The stretch wanted below opens at the line containing "out.old.items ++ message_spelling (PaMessage" and closes at the line containing "put_u16(out, 12);". Please return it exactly, with no other lines.

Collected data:

┌──

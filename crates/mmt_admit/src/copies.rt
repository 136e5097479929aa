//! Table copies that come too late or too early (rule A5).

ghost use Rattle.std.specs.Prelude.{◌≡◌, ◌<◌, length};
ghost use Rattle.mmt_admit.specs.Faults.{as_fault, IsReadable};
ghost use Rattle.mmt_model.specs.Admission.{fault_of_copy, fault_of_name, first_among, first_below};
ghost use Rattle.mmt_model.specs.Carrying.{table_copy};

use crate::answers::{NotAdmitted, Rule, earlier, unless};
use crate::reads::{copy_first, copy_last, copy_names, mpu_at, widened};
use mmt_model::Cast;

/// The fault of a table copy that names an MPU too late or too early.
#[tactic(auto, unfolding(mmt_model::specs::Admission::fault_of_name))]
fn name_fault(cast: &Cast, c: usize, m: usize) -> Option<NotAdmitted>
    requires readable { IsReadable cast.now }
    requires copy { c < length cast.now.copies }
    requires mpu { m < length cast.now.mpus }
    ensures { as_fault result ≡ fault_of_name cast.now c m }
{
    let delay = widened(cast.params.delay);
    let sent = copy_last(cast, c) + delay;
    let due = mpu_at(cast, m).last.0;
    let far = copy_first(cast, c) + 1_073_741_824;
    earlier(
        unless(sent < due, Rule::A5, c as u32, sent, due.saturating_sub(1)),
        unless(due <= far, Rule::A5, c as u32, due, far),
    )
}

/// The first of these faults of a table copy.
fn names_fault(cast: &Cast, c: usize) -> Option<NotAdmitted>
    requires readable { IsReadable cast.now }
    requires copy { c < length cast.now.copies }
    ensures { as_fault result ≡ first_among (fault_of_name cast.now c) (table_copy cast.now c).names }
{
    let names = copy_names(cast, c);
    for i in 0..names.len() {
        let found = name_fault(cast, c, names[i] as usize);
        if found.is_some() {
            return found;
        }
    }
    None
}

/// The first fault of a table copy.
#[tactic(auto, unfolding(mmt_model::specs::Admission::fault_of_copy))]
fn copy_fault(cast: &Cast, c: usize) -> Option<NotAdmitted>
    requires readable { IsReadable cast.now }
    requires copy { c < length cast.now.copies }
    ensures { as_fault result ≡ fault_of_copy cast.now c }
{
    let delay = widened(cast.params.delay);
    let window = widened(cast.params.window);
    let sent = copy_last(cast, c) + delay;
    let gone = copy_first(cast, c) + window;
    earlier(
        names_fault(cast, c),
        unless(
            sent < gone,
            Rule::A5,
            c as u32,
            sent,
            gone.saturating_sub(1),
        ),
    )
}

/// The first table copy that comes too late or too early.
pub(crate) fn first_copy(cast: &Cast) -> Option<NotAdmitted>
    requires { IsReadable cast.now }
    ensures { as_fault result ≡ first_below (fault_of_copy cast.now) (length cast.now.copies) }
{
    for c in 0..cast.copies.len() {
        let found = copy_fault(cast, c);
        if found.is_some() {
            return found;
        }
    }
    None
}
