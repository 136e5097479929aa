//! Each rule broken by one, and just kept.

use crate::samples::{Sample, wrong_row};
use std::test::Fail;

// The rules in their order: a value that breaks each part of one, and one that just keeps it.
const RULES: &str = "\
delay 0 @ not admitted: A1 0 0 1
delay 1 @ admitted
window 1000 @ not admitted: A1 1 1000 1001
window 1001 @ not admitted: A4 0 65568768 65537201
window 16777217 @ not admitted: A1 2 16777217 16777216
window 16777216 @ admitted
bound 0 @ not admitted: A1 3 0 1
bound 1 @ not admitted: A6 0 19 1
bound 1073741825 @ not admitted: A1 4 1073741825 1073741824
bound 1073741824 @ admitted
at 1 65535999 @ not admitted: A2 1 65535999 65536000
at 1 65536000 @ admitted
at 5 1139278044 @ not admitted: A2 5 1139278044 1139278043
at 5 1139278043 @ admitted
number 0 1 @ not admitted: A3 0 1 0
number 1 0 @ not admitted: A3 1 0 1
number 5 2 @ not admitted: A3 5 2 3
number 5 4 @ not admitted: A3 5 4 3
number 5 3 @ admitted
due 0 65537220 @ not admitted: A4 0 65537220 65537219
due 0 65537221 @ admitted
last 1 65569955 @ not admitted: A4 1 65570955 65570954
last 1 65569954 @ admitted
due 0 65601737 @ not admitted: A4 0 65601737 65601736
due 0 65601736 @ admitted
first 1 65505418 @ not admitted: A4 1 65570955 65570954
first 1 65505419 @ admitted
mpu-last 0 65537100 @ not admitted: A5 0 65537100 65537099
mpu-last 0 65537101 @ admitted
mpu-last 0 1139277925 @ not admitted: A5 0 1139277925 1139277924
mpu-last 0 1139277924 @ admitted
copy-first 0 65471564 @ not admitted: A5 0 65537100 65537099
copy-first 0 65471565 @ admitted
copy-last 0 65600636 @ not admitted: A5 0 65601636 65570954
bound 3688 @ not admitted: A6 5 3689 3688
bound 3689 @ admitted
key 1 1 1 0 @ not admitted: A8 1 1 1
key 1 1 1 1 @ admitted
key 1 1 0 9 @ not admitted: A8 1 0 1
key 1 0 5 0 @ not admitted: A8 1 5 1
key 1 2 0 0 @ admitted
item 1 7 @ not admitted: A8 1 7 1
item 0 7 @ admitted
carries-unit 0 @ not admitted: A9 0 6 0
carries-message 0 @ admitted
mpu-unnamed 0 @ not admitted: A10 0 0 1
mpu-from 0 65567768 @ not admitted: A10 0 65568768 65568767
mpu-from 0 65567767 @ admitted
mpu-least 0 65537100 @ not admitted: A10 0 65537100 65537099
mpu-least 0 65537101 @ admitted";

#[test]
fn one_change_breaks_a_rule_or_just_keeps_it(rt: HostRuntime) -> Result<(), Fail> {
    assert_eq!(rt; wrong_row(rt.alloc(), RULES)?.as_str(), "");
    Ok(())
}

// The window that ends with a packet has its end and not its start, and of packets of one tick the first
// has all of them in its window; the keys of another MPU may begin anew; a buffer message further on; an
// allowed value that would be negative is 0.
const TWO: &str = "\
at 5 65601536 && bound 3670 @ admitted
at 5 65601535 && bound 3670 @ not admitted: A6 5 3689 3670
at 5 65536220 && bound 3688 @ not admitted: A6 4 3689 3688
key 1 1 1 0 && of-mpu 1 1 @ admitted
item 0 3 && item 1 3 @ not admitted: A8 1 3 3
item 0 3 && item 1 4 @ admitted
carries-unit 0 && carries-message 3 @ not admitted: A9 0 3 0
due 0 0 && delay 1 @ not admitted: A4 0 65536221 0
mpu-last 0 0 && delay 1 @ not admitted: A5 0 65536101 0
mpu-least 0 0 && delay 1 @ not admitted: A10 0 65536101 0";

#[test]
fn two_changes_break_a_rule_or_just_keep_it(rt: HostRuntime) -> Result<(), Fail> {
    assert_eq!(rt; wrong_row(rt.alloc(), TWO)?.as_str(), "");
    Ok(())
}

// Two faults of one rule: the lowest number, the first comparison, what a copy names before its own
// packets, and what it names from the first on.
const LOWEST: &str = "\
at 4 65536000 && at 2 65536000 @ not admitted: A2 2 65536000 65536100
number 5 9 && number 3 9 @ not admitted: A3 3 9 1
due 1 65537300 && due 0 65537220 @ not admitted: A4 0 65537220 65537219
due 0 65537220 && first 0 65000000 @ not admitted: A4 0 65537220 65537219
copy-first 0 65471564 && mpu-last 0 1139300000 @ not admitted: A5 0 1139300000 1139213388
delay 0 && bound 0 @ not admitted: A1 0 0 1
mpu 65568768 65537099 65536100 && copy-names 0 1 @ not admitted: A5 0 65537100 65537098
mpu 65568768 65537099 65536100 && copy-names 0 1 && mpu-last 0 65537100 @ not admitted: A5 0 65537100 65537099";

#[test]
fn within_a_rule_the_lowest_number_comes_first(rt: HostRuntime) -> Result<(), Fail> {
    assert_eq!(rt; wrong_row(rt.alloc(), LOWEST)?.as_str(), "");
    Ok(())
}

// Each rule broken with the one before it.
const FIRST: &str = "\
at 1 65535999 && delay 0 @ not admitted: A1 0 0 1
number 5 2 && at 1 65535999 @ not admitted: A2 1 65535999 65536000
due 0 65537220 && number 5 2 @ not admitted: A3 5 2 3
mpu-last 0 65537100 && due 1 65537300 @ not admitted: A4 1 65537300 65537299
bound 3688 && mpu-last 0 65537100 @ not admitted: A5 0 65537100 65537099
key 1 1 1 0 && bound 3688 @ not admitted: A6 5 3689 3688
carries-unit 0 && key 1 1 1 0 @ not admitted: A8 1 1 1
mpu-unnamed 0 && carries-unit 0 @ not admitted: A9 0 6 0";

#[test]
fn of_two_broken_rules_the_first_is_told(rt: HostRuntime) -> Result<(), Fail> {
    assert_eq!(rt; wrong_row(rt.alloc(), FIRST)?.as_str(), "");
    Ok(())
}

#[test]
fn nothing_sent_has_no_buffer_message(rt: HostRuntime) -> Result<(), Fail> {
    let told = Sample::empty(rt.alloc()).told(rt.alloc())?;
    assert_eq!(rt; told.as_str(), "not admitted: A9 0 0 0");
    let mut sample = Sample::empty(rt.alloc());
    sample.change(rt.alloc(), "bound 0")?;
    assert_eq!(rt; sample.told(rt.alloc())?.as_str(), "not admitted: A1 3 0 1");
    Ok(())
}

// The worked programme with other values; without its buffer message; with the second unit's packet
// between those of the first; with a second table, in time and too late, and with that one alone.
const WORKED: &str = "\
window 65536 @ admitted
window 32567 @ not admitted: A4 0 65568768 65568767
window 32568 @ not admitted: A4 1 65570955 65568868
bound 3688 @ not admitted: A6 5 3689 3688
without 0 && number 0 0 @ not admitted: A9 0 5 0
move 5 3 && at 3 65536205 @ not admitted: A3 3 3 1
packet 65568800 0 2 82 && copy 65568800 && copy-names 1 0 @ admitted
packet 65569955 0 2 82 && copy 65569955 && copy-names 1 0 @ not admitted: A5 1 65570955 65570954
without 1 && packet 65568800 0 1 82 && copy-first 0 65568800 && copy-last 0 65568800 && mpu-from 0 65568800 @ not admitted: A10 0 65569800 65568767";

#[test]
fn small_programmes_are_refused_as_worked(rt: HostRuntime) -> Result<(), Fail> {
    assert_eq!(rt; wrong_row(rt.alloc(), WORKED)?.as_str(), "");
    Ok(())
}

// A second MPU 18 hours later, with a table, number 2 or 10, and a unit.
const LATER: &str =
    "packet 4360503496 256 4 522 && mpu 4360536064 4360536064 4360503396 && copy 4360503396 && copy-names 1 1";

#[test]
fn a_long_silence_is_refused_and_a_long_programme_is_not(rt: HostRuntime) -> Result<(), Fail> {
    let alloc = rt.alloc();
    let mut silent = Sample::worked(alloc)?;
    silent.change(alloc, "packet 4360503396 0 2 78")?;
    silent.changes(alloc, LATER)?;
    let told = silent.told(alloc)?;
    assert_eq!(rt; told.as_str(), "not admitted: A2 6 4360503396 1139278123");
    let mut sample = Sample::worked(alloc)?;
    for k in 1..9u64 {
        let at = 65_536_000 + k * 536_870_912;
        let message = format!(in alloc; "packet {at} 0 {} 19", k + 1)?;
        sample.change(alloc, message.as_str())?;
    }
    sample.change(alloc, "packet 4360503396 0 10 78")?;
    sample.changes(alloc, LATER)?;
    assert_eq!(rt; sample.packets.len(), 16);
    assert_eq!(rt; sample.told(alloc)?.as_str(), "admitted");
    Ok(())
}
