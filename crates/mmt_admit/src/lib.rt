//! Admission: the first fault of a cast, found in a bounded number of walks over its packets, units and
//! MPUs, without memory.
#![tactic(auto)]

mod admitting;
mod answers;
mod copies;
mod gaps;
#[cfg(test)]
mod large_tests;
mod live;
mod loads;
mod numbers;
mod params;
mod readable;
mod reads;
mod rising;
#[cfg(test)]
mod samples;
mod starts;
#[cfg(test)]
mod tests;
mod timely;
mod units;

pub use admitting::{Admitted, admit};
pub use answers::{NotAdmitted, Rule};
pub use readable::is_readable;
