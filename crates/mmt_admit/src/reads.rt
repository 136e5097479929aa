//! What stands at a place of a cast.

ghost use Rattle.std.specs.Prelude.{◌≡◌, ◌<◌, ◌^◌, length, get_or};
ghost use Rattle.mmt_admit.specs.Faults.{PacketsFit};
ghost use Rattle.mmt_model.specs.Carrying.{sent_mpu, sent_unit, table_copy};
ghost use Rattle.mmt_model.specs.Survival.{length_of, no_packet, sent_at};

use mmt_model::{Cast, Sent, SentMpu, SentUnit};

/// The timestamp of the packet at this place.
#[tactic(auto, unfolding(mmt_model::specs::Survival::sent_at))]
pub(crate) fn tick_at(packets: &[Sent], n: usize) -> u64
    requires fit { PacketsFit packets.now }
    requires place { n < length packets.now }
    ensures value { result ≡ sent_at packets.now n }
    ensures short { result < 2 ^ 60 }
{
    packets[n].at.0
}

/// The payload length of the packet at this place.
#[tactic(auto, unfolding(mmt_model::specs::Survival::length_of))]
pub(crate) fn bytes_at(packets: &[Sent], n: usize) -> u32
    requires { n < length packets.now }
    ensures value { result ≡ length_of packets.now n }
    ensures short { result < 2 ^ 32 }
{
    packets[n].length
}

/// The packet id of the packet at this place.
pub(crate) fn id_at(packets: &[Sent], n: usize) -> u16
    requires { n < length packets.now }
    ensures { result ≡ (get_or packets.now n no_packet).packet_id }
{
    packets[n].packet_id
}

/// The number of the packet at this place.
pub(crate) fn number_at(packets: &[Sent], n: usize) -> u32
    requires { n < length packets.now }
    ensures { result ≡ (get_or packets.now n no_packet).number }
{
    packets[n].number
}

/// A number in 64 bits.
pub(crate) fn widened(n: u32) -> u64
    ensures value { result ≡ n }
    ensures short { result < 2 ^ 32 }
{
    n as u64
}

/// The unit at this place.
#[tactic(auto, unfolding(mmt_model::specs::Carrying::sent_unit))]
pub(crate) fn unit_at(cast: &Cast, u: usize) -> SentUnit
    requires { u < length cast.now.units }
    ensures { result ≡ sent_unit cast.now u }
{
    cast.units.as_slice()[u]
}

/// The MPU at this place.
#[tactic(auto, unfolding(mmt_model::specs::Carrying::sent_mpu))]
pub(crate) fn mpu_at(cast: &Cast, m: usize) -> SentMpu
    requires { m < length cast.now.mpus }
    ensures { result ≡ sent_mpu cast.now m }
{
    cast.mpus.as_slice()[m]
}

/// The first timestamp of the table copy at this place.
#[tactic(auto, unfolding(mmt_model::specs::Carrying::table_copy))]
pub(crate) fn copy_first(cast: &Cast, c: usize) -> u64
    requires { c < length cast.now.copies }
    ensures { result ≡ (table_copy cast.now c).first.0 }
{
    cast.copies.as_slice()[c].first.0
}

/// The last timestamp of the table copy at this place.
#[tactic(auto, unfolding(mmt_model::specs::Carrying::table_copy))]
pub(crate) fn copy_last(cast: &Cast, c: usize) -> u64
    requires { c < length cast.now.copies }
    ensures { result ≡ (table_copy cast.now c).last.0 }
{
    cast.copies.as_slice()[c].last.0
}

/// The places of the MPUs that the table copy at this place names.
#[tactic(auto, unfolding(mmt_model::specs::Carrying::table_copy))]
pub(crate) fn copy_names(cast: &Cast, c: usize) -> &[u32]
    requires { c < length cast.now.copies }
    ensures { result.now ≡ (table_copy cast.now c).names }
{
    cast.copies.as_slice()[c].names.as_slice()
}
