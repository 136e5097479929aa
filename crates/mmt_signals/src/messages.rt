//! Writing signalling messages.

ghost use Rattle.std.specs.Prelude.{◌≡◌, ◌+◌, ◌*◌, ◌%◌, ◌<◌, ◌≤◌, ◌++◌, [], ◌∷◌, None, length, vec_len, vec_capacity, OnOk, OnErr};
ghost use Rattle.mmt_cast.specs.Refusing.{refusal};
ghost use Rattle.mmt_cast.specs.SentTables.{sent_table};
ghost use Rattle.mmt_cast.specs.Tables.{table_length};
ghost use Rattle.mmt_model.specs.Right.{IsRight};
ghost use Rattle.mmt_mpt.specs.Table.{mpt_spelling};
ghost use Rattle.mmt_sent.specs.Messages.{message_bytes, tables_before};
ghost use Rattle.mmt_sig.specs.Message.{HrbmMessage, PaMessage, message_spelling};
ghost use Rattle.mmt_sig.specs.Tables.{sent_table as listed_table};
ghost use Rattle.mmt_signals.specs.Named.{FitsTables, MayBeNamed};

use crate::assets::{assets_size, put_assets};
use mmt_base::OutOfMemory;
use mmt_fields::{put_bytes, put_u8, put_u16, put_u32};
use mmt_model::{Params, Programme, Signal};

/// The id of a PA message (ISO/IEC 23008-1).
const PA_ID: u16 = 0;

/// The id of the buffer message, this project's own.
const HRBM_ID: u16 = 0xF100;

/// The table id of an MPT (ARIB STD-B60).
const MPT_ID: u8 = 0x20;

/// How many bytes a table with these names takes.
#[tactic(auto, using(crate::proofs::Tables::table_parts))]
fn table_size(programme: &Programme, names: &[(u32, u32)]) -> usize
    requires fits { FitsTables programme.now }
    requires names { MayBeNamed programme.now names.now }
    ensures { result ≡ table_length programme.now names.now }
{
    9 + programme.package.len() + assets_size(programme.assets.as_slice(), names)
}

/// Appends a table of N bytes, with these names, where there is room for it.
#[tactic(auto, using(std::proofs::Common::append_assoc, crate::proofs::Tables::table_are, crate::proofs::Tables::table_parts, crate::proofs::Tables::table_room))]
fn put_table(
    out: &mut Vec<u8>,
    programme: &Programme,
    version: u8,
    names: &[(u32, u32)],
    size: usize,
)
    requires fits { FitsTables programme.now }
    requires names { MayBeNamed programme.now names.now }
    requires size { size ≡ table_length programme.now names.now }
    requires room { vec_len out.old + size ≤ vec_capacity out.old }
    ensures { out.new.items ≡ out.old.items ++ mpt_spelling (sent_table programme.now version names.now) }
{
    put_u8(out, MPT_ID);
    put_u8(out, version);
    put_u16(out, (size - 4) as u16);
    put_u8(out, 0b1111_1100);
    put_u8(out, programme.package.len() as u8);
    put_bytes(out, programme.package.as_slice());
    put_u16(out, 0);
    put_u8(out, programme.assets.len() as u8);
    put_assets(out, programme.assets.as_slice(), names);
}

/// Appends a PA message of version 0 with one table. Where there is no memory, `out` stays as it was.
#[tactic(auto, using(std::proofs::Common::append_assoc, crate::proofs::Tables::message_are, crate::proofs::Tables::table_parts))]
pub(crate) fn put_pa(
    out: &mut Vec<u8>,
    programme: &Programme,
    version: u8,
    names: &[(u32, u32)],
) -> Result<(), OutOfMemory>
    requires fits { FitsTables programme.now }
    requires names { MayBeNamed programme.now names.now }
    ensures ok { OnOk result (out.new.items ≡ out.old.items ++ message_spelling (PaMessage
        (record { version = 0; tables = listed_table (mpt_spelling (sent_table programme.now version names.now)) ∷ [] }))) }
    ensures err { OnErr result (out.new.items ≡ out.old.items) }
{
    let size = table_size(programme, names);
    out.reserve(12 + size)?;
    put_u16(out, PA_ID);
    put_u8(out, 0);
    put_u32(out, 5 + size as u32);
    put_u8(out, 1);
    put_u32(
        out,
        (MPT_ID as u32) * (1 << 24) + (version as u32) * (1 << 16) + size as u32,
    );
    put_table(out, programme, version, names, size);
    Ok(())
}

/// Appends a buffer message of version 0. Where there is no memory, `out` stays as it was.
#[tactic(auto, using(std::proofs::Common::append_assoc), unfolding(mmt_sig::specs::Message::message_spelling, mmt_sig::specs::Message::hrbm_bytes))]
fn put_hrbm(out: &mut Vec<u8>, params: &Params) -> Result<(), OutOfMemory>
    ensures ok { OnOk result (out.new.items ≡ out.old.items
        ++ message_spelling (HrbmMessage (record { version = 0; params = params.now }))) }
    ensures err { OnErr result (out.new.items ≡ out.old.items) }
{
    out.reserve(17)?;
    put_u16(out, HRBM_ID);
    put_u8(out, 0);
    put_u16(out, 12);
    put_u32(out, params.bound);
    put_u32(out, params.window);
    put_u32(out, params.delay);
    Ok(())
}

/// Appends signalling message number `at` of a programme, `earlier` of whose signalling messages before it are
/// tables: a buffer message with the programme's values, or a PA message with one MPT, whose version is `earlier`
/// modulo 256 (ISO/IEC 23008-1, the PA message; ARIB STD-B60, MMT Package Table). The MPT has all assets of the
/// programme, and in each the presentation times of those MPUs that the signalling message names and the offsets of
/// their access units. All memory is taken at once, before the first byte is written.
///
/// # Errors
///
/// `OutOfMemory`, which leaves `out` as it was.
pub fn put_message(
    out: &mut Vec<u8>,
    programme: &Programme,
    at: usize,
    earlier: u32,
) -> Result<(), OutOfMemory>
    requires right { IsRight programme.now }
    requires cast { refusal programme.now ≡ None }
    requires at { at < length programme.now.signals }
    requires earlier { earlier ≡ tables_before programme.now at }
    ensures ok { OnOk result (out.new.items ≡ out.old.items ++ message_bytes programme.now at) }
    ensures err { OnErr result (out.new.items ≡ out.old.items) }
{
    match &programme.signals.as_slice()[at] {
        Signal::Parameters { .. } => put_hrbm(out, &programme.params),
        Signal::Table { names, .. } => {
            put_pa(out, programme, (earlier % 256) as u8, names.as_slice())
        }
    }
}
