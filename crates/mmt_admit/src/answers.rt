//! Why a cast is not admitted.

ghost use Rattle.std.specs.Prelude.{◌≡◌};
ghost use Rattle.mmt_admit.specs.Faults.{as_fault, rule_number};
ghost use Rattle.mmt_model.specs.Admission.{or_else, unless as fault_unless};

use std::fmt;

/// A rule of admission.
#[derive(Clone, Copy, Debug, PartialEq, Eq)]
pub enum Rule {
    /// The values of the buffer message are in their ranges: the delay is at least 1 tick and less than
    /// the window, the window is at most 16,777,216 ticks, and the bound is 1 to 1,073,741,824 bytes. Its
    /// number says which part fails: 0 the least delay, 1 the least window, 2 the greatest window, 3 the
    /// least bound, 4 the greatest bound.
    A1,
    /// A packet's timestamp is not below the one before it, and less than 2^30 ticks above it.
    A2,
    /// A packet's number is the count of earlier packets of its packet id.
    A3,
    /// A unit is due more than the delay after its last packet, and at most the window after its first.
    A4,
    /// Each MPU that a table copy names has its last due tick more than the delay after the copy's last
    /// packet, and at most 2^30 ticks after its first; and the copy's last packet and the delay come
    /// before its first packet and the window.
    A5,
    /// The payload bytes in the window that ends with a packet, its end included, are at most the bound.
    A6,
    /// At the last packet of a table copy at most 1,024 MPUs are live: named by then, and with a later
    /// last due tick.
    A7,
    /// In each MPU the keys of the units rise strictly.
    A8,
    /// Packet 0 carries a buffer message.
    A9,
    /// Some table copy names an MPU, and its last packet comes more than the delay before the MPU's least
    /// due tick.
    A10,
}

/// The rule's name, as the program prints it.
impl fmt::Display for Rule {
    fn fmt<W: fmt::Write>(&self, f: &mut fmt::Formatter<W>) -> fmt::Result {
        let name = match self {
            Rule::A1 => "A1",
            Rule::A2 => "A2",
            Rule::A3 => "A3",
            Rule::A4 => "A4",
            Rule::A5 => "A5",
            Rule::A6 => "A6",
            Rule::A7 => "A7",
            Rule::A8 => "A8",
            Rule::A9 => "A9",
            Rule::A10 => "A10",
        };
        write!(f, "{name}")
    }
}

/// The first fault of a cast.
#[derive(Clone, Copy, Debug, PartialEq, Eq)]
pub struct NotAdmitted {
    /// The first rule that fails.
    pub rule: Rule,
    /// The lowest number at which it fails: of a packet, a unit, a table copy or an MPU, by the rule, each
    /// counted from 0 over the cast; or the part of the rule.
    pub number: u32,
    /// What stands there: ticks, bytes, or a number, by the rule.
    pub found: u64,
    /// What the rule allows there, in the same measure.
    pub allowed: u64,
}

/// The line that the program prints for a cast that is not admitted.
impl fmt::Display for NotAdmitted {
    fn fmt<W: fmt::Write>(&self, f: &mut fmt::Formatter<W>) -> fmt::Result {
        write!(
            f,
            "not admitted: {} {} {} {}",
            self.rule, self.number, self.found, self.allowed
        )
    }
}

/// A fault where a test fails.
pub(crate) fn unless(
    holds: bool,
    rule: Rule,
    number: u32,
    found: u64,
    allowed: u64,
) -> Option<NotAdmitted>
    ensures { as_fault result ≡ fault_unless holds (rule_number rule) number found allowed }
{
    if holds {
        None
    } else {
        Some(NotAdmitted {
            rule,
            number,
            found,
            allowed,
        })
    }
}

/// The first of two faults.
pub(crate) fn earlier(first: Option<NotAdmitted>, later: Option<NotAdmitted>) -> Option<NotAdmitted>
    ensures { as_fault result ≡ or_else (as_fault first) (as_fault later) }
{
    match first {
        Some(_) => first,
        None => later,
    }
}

└──

EXERCISE RESULT
    ensures ok { OnOk result (out.new.items ≡ out.old.items ++ message_spelling (PaMessage
        (record { version = 0; tables = listed_table (mpt_spelling (sent_table programme.now version names.now)) ∷ [] }))) }
    ensures err { OnErr result (out.new.items ≡ out.old.items) }
{
    let size = table_size(programme, names);
    out.reserve(12 + size)?;
    put_u16(out, PA_ID);
    put_u8(out, 0);
    put_u32(out, 5 + size as u32);
    put_u8(out, 1);
    put_u32(
        out,
        (MPT_ID as u32) * (1 << 24) + (version as u32) * (1 << 16) + size as u32,
    );
    put_table(out, programme, version, names, size);
    Ok(())
}

/// Appends a buffer message of version 0. Where there is no memory, `out` stays as it was.
#[tactic(auto, using(std::proofs::Common::append_assoc), unfolding(mmt_sig::specs::Message::message_spelling, mmt_sig::specs::Message::hrbm_bytes))]
fn put_hrbm(out: &mut Vec<u8>, params: &Params) -> Result<(), OutOfMemory>
    ensures ok { OnOk result (out.new.items ≡ out.old.items
        ++ message_spelling (HrbmMessage (record { version = 0; params = params.now }))) }
    ensures err { OnErr result (out.new.items ≡ out.old.items) }
{
    out.reserve(17)?;
    put_u16(out, HRBM_ID);
    put_u8(out, 0);
    put_u16(out, 12);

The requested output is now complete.